What the exercise asks = Lines from the one containing "covers.now turn.now.place) quick.now" through the last line of the data are to be repeated word for word, both ends included.

Task inputs =
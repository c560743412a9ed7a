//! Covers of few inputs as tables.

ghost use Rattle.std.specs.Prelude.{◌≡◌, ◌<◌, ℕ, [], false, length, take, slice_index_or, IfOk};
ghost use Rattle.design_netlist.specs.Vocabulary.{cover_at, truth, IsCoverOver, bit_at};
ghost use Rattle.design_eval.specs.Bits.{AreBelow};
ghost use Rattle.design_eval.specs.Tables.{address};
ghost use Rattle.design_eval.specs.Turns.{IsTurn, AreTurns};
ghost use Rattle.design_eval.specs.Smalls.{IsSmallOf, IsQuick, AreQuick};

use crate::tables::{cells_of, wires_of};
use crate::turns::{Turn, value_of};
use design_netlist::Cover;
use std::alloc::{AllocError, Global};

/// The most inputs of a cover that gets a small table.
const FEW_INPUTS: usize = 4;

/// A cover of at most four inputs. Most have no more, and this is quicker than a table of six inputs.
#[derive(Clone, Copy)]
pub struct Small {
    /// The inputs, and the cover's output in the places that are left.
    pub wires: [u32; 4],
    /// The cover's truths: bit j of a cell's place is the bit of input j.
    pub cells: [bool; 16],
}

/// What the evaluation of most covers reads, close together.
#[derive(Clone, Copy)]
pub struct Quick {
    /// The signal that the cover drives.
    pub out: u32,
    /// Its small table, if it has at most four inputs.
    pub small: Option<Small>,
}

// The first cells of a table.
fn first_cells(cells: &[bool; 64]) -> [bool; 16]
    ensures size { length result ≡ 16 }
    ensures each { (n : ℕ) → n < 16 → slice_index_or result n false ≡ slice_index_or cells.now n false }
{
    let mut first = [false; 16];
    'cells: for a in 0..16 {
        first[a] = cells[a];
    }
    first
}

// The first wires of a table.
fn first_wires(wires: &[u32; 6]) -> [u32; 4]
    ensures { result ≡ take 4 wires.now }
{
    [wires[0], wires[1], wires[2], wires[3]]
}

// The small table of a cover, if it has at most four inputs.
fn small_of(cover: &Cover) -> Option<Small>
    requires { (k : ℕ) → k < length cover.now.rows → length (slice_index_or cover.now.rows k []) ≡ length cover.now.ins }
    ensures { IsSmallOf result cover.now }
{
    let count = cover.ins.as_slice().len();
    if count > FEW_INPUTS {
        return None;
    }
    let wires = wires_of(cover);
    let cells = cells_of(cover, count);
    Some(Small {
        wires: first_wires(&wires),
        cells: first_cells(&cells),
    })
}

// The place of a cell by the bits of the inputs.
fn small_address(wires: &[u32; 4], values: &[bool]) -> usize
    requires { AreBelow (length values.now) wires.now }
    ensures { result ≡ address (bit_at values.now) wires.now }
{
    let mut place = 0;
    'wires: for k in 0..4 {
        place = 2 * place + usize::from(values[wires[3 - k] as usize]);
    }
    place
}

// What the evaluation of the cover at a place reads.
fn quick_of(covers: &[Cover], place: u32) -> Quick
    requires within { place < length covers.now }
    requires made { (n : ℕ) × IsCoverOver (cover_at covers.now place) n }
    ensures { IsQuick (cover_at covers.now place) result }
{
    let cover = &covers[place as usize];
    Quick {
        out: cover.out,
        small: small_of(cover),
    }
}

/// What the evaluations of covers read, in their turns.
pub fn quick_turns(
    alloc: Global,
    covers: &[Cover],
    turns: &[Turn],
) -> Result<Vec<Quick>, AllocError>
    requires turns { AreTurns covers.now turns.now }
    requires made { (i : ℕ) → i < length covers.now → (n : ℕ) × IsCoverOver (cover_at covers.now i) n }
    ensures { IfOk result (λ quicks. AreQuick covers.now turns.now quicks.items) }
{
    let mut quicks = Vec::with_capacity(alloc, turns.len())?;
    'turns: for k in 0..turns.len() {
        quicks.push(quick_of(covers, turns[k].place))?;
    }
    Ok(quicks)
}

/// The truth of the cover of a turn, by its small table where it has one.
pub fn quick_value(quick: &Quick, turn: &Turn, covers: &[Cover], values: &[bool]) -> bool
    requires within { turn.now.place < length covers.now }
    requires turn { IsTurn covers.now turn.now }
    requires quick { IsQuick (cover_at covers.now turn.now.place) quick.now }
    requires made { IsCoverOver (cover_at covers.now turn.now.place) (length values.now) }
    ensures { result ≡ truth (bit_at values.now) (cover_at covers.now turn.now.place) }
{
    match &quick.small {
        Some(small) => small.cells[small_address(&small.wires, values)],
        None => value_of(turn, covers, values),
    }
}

Task solution =
    requires quick { IsQuick (cover_at covers.now turn.now.place) quick.now }
    requires made { IsCoverOver (cover_at covers.now turn.now.place) (length values.now) }
    ensures { result ≡ truth (bit_at values.now) (cover_at covers.now turn.now.place) }
{
    match &quick.small {
        Some(small) => small.cells[small_address(&small.wires, values)],
        None => value_of(turn, covers, values),
    }
}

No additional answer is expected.